According to documents in our possession, communication between the Registrar General’s Office and the President’s Department dated January 18 2022, the Zimbabwe Foreign Affairs ministry and the Chinese embassy were involved in the issuance of the burial order for Zhaoxi’s body under the false identity Zhaosheng.
Upon unearthing the identity scam when issues of the deceased’s estate arose with Yan claiming that she was ‘the late Znaosheng’s widow’ the President’s Office immediately wrote to the Registrar’s Office requesting the cancellation of the burial order and identity document for Zhaosheng as they were products of fraud.
In an interview recently, Tom Baris, one of the Zimbabwean businessmen who is locked in a legal battle with Yan told The Standard that he believed there is deliberate and criminal intent by Yan to misrepresent her dead husband as Zhaosheng.

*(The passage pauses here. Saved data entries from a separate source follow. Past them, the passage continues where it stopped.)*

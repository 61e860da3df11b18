use thread_state::ForkRoom;

/// The memory of a child that is not yet forked, but for its place: its label and row.
#[derive(Drop)]
pub(crate) struct ChildRoom {
    pub(crate) room: ForkRoom,
    /// The slots whose blocks it takes with it.
    pub(crate) named: Vec<u16>,
}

The plan, he said, was to fraudulently claim the many assets owned by Zhaosheng Wu whom she falsely claimed was her deceased husband.
Tom-Baris cited the false claims by Yan that her husband was Zhaosheng and her ‘fraudulent attempts’ to register Zhaosheng’s estate as the bona fide widow, as evidence of her ‘deceptive and unreliable character’.
“Yan Yu should be arrested on sight for the many criminal actions that she stands guilty of.
“On her admission, she connived with her late husband to obtain false identity documents for him; she then proceeded to apply for a burial order for her husband Zhaoxi Wu under a false identity; then she proceeded to use the burial order to dupe the Master of the High Court into registering Zhaosheng’s estate and making her the executor.
“That alone warrants her immediate arrest and deportation,” said Tom-Baris.
Contacted for comment, Yan dismissed claims by Baris and his colleagues saying she was being victimised because she was a vulnerable widow who did not have protection.
She refused to respond to allegations of her colluding in the fraudulent registration of a Zimbabwean identity document by her husband as Zhaosheng and her providing this false information in the death notice following the demise of her husband Zhaoxi .
Evidence at hand further confirms that Yan registered Zhaosheng’s estate under DR 1561/17 proclaiming herself as the widow of the deceased and thereby fraudulently obtaining letters of administration of the ‘deceased’ person under her name when in fact Zhaosheng is alive.
She also registered her own two children with her husband Zhaoxi as heirs to Zhaosheng’s estate.
The Master of the High Court has, however, since cancelled the estate after realising the fraudulent nature of documents deposited with them.
The deputy Master of the High Court, K.F Chigomararwa wrote to Tom-Baris confirming they had since received confirmation from the Registrar General indicating that the death certificate and other documents issued in respect of Zhaosheng had been cancelled on August 3 2018… “after it was discovered that the so called Zhaosheng Wu was an imposter and the Zimbabwean identity documents had been fraudulently acquired”.
The letter written on April 2022, copy of which is with The Standard reads: “It is, therefore, against this background that we have taken a position to cancel the registration of the deceased estate from our register.
“Accordingly, it follows that all proceedings to do with the administration of the estate have been set aside and letters of appointment issued in favour of Yan Yu as the executrix dative have been revoked.
“The whole process has been rendered invalid and the record is recorded as closed.”